Saved entries
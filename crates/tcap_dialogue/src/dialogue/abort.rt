//! The abort of a dialogue: what an Abort of the peer tells, and the Abort of the provider here.

ghost use Rattle.std.specs.Prelude.{◌≡◌, ◌+◌, ◌^◌, ◌<◌, ◌≤◌, ◌++◌, ◌∷◌, [], true, length, Some, Ok, Option, OnOk, OnErr};
ghost use Rattle.ber_core.specs.Place.{Slice};
ghost use Rattle.tcap_dialogue.specs.Aborting.{abnormal_over, provider_told};
ghost use Rattle.tcap_primitives.specs.IndicationViews.{indicated, indicated_octets, indicated_slices};
ghost use Rattle.tcap_primitives.specs.OutputViews.{cause_view};
ghost use Rattle.tcap_primitives.specs.Slices.{Slices, LieIn, LieInPlace};
ghost use Rattle.tcap_reception.specs.StateViews.{phase_view};
ghost use Rattle.tcap_invocation.specs.Closing.{ended_at};
ghost use Rattle.tcap_model.specs.Procedures.AbortRules.{abort_told, fault_cause, is_no_common, portion_told, sent_if_any};
ghost use Rattle.tcap_model.specs.Procedures.Reception.{fault_abort};
ghost use Rattle.tcap_dialogue.specs.StepViews.{StepsTo, outcome};
ghost use Rattle.tcap_model.specs.Table.TableMove.{DialogueEvent, Setting, over_with, table_move};
ghost use Rattle.tcap_model.specs.Words.Output as model;
ghost use Rattle.tcap_model.specs.Words.Output.{DialogueIndication};
ghost use Rattle.tcap_model.specs.Words.State.{address_by};
ghost use Rattle.tcap_pdu.specs.DialoguePlace.{PduInPlace};
ghost use Rattle.tcap_pdu.specs.DialogueReading.{dialogue_at};
ghost use Rattle.tcap_pdu.specs.DialogueViews.{pdu_value, source};
ghost use Rattle.tcap_pdu.specs.FramePortions.{reason_slice};
ghost use Rattle.tcap_pdu.specs.FrameViews.{reason_of};

use super::Dialogue;
use super::ended_invocations::tell_ended;
use super::kept_address::KeptAddress;
use ber_core::OutOfMemory;
use std::alloc::Allocator;
use tcap_address::Address;
use tcap_pdu::dialogue_tag::NO_COMMON_DIALOGUE_PORTION;
use tcap_pdu::{AbortPart, Diagnostic, DialoguePdu, FrameFault, TransId, read_dialogue};
use tcap_primitives::{Abort, Cause, Indication, Sink, SinkKind, Why};
use tcap_reception::Phase;

/// What an Abort to a dialogue tells (Q.774, Abort by the user; Q.774, Abort by the provider).
pub(crate) fn abort_told<'m>(dialogue: u32, reason: &AbortPart<'m>) -> Indication<'m>
    ensures told { indicated result ≡ abort_told dialogue (reason_of reason.now) }
    ensures place { (components : Slice) → LieIn (reason_slice reason.now) components (indicated_slices result) }
{
    match reason {
        AbortPart::Nothing => Indication::UAbort {
            dialogue,
            pdu: None,
        },
        AbortPart::Cause(cause) => Indication::PAbort {
            dialogue,
            why: Why::Cause(*cause),
        },
        AbortPart::Dialogue(portion) => portion_told(dialogue, portion),
    }
}

/// What the dialogue portion of an Abort tells.
fn portion_told<'m>(dialogue: u32, portion: &'m [u8]) -> Indication<'m>
    ensures told { indicated result ≡ portion_told dialogue (dialogue_at portion.now) }
    ensures place { (components : Slice) → LieIn (Some portion.entry) components (indicated_slices result) }
{
    match read_dialogue(portion) {
        Ok(pdu) => pdu_told(dialogue, pdu),
        Err(_) => Indication::PAbort {
            dialogue,
            why: Why::Abnormal,
        },
    }
}

/// What the dialogue PDU of an Abort tells: the user's abort by an ABRT of the user, by a foreign
/// EXTERNAL and by an AARE that isn't accepted, unless there is no common dialogue portion.
fn pdu_told<'m>(dialogue: u32, pdu: DialoguePdu<'m>) -> Indication<'m>
    ensures told { indicated result ≡ portion_told dialogue (Ok (pdu_value pdu.entry)) }
    ensures place { (portion components : Slice) → PduInPlace pdu.entry portion
        → LieIn (Some portion) components (indicated_slices result) }
{
    match pdu {
        DialoguePdu::Abrt {
            by_provider: false,
            ..
        }
        | DialoguePdu::Foreign { .. } => {
            Indication::UAbort {
                dialogue,
                pdu: Some(pdu),
            }
        }
        DialoguePdu::Aare {
            accepted: false,
            diagnostic,
            ..
        } => {
            if is_no_common(diagnostic) {
                provider_told(dialogue, Why::NoCommon)
            } else {
                Indication::UAbort {
                    dialogue,
                    pdu: Some(pdu),
                }
            }
        }
        DialoguePdu::Aare { accepted: true, .. }
        | DialoguePdu::Abrt {
            by_provider: true,
            ..
        }
        | DialoguePdu::Aarq { .. }
        | DialoguePdu::Audt { .. } => provider_told(dialogue, Why::Abnormal),
    }
}

/// TC-P-ABORT for this reason.
fn provider_told<'m>(dialogue: u32, why: Why) -> Indication<'m>
    ensures told { indicated result ≡ model.Output.dialogue (DialogueIndication.p_abort dialogue (cause_view why)) }
    ensures slices { indicated_slices result ≡ Slices.none }
{
    Indication::PAbort { dialogue, why }
}

/// Whether a diagnostic is "no common dialogue portion" by the provider.
fn is_no_common(diagnostic: Diagnostic) -> bool
    ensures { result ≡ is_no_common (source diagnostic) }
{
    match diagnostic {
        Diagnostic::User(_) => false,
        Diagnostic::Provider(number) => number == NO_COMMON_DIALOGUE_PORTION,
    }
}

/// The address of the peer of a Continue: the one that is kept, or in Sent that of its sender (our own).
fn address_by<'a, A: Allocator + Copy>(
    phase: &Phase,
    kept: &'a KeptAddress<A>,
    from: &'a Address,
) -> &'a [u8]
    ensures value { result.now ≡ address_by (phase_view phase.now) kept.now from.now }
    ensures within { length result.now ≤ 255 }
{
    match phase {
        Phase::Sent => from.octets(),
        Phase::Fresh | Phase::Received(_) | Phase::Active(_) => kept.octets(),
    }
}

/// The originator of a faulty message gets an Abort with the fault's cause, if it is known, with places for so many
/// outputs more.
fn answer_fault<'m, A: Allocator + Copy, K: SinkKind>(
    from: &Address,
    origin: Option<TransId>,
    fault: FrameFault,
    more: usize,
    sink: &mut Sink<'m, A, K>,
) -> Result<(), OutOfMemory>
    ensures ok { OnOk result (sink.new.outputs ≡ sink.old.outputs
        ++ sent_if_any from.now (fault_abort fault origin)) }
    ensures places { OnOk result (more ≤ sink.new.places) }
    ensures within { OnOk result (more < 2 ^ 63) }
    ensures still { OnErr result (sink.new.outputs ≡ sink.old.outputs) }
{
    let Some(peer) = origin else {
        return Ok(sink.reserve(more, 0)?);
    };
    let cause = Cause::Faulty(fault);
    let abort = Abort::Cause { peer, cause };
    Ok(sink.send(from.octets(), &abort.outgoing(), more)?)
}

impl<A: Allocator + Copy> Dialogue<A> {
    /// Tells first what the message tells, then each invocation that the end of the dialogue ends; there is room
    /// for all.
    fn tell_over<'m, K: SinkKind>(&mut self, first: Indication<'m>, sink: &mut Sink<'m, A, K>)
        requires places { 1 + length (ended_at self.old.invocations.rows) ≤ sink.old.places }
        requires octets { indicated_octets first ≤ sink.old.octets }
        ensures told { StepsTo sink.old.outputs sink.new.outputs true self.new
            (outcome (over_with self.old (indicated first.entry ∷ []) self.old.invocations)) }
        ensures kept { self.new.standing.identifier ≡ self.old.standing.identifier }
        ensures places { sink.old.places
            ≤ sink.new.places + (1 + length (ended_at self.old.invocations.rows)) }
        ensures place { (portion : Option Slice) (components : Slice)
            → LieIn portion components (indicated_slices first.entry) → LieInPlace portion components sink.old.slices
            → LieInPlace portion components sink.new.slices }
    {
        sink.tell(first);
        tell_ended(self.identifier, &mut self.invocations, sink);
    }

    /// `tell_over`; all room is made first.
    fn over_with<'m, K: SinkKind>(
        &mut self,
        first: Indication<'m>,
        sink: &mut Sink<'m, A, K>,
    ) -> Result<(), OutOfMemory>
        ensures ok { OnOk result (StepsTo sink.old.outputs sink.new.outputs true self.new
            (outcome (over_with self.old (indicated first.entry ∷ []) self.old.invocations))) }
        ensures err { OnErr result (self.new ≡ self.old) }
        ensures still { OnErr result (sink.new.outputs ≡ sink.old.outputs) }
        ensures kept { self.new.standing.identifier ≡ self.old.standing.identifier }
        ensures places { sink.old.places
            ≤ sink.new.places + (1 + length (ended_at self.old.invocations.rows)) }
        ensures place { (portion : Option Slice) (components : Slice)
            → LieIn portion components (indicated_slices first.entry) → LieInPlace portion components sink.old.slices
            → LieInPlace portion components sink.new.slices }
    {
        let count = self.invocations.open_count().saturating_add(1);
        sink.reserve(count, first.octet_count())?;
        self.tell_over(first, sink);
        Ok(())
    }

    /// An Abort: it tells why, and the dialogue is over, whatever its state is.
    pub(super) fn receive_abort<'m, K: SinkKind>(
        &mut self,
        reason: &AbortPart<'m>,
        sink: &mut Sink<'m, A, K>,
    ) -> Result<(), OutOfMemory>
        ensures ok { OnOk result (StepsTo sink.old.outputs sink.new.outputs true self.new
            (outcome (over_with self.old (abort_told self.old.standing.identifier (reason_of reason.now) ∷ [])
            self.old.invocations))) }
        ensures err { OnErr result (self.new ≡ self.old) }
        ensures still { OnErr result (sink.new.outputs ≡ sink.old.outputs) }
        ensures kept { self.new.standing.identifier ≡ self.old.standing.identifier }
        ensures place { (components : Slice) → LieInPlace (reason_slice reason.now) components sink.old.slices
            → LieInPlace (reason_slice reason.now) components sink.new.slices }
    {
        let told = abort_told(self.identifier, reason);
        self.over_with(told, sink)
    }

    /// The provider here aborts, and the dialogue is over.
    pub(super) fn abort_provider<'m, K: SinkKind>(
        &mut self,
        why: Why,
        sink: &mut Sink<'m, A, K>,
    ) -> Result<(), OutOfMemory>
        ensures ok { OnOk result (StepsTo sink.old.outputs sink.new.outputs true self.new
            (outcome (over_with self.old (provider_told self.old (cause_view why) ∷ []) self.old.invocations))) }
        ensures err { OnErr result (self.new ≡ self.old) }
        ensures still { OnErr result (sink.new.outputs ≡ sink.old.outputs) }
        ensures kept { self.new.standing.identifier ≡ self.old.standing.identifier }
        ensures places { sink.old.places
            ≤ sink.new.places + (1 + length (ended_at self.old.invocations.rows)) }
        ensures place { (portion : Option Slice) (components : Slice) → LieInPlace portion components sink.old.slices
            → LieInPlace portion components sink.new.slices }
    {
        let dialogue = self.identifier;
        self.over_with(Indication::PAbort { dialogue, why }, sink)
    }

    /// A Continue whose dialogue portion is abnormal: the peer gets an Abort, and the dialogue is over.
    pub(super) fn abort_abnormal<'m, K: SinkKind>(
        &mut self,
        from: &Address,
        origin: &TransId,
        sink: &mut Sink<'m, A, K>,
    ) -> Result<(), OutOfMemory>
        ensures ok { OnOk result (StepsTo sink.old.outputs sink.new.outputs true self.new
            (outcome (abnormal_over self.old from.now origin.now))) }
        ensures err { OnErr result (self.new ≡ self.old) }
        ensures still { OnErr result (sink.new.outputs ≡ sink.old.outputs) }
        ensures kept { self.new.standing.identifier ≡ self.old.standing.identifier }
        ensures place { (portion : Option Slice) (components : Slice) → LieInPlace portion components sink.old.slices
            → LieInPlace portion components sink.new.slices }
    {
        let more = self.invocations.open_count().saturating_add(1);
        let peer = self.phase.peer_or(origin).copied();
        let abort = Abort::Abnormal { peer };
        let to = address_by(&self.phase, &self.kept, from);
        sink.send(to, &abort.outgoing(), more)?;
        let dialogue = self.identifier;
        let why = Why::Abnormal;
        self.tell_over(Indication::PAbort { dialogue, why }, sink);
        Ok(())
    }

    /// A faulty message names the dialogue, which is over then: the originator gets an Abort with the fault's cause,
    /// if it is known, and the user TC-P-ABORT (our own, after Q.774, Abnormal procedures).
    #[tactic(auto, unfolding(tcap_model::specs::Table::TableMove::table_move))]
    pub fn take_faulty<'m, K: SinkKind>(
        &mut self,
        from: &Address,
        origin: Option<TransId>,
        fault: FrameFault,
        sink: &mut Sink<'m, A, K>,
    ) -> Result<(), OutOfMemory>
        // What is sent, then what is told; the dialogue is over.
        ensures ok { (around : Setting) → OnOk result (StepsTo (sink.old.outputs
            ++ sent_if_any from.now (fault_abort fault origin)) sink.new.outputs true self.new
            (outcome (table_move around self.old (DialogueEvent.fault (fault_cause fault))))) }
        ensures err { OnErr result (self.new ≡ self.old) }
        ensures still { OnErr result (sink.new.outputs ≡ sink.old.outputs) }
        // The identifier stays, also of one that is over.
        ensures kept { self.new.standing.identifier ≡ self.old.standing.identifier }
    {
        let count = self.invocations.open_count().saturating_add(1);
        answer_fault(from, origin, fault, count, sink)?;
        let dialogue = self.identifier;
        let why = Why::Cause(fault.cause());
        self.tell_over(Indication::PAbort { dialogue, why }, sink);
        Ok(())
    }
}
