//! What has no dialogue: a Unidirectional.

ghost use Rattle.std.specs.Prelude.{◌≡◌, ◌++◌, ◌∷◌, Option, IfOk, OnOk, OnErr};
ghost use Rattle.ber_core.specs.Place.{Slice};
ghost use Rattle.tcap_component.specs.ComponentReading.{components_of};
ghost use Rattle.tcap_reception.specs.PortionParts.{GivenIn, context_of_portion, info_of_portion};
ghost use Rattle.tcap_primitives.specs.OutputViews.{all_shown};
ghost use Rattle.tcap_primitives.specs.Slices.{AllInPlace, LieInPlace};
ghost use Rattle.tcap_model.specs.Procedures.ComponentHandling.{uni_told};
ghost use Rattle.tcap_model.specs.Words.Output as model;
ghost use Rattle.tcap_model.specs.Words.Output.{DialogueIndication};

use super::portion_parts::parts_of;
use crate::component_handling::component_portion::{handle_in_unidirectional, room_for};
use ber_core::OutOfMemory;
use std::alloc::Allocator;
use tcap_primitives::{Indication, Output, Sink, SinkKind};

/// What a Unidirectional tells: TC-UNI, and its components, of which none is answered. `audt` is the
/// contents octets of the application context name and the user information of its AUDT, if it has one,
/// and `components` the contents of its component portion (Q.774, Unstructured dialogue).
pub fn take_uni<'m, A: Allocator + Copy>(
    alloc: A,
    audt: Option<(&'m [u8], &'m [u8])>,
    components: &'m [u8],
) -> Result<Vec<Output<'m, A>, A>, OutOfMemory>
    ensures ok { IfOk result (λ outputs. all_shown outputs.items ≡ model.Output.dialogue (DialogueIndication.uni
        (context_of_portion audt.entry) (info_of_portion audt.entry)) ∷ uni_told (components_of components.now)) }
    // The slices that are told are those that were given, and parts of the component portion.
    ensures place { (portion : Option Slice) → GivenIn 0x60 audt.entry portion
        → IfOk result (λ outputs. AllInPlace portion components.entry outputs.items) }
{
    let mut sink = Sink::vector(alloc);
    take_uni_into(audt, components, &mut sink)?;
    Ok(sink.into_vector())
}

/// `take_uni`, which appends to what a sink holds.
pub fn take_uni_into<'m, A: Allocator + Copy, K: SinkKind>(
    audt: Option<(&'m [u8], &'m [u8])>,
    components: &'m [u8],
    sink: &mut Sink<'m, A, K>,
) -> Result<(), OutOfMemory>
    ensures ok { OnOk result (sink.new.outputs ≡ sink.old.outputs
        ++ (model.Output.dialogue (DialogueIndication.uni (context_of_portion audt.entry) (info_of_portion audt.entry))
        ∷ uni_told (components_of components.now))) }
    ensures still { OnErr result (sink.new.outputs ≡ sink.old.outputs) }
    ensures place { (portion : Option Slice) → GivenIn 0x60 audt.entry portion
        → LieInPlace portion components.entry sink.old.slices → LieInPlace portion components.entry sink.new.slices }
{
    let (context, info) = parts_of(audt);
    let told = Indication::Uni { context, info };
    let octets = told.octet_count().saturating_add(components.len());
    sink.reserve(room_for(components).saturating_add(1), octets)?;
    sink.tell(told);
    handle_in_unidirectional(components, sink);
    Ok(())
}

**Task goal:** Wherever the string "around" occurs in the records above, copy that line.

**Solved problem:**
        ensures ok { (around : Setting) → OnOk result (StepsTo (sink.old.outputs
            (outcome (table_move around self.old (DialogueEvent.fault (fault_cause fault))))) }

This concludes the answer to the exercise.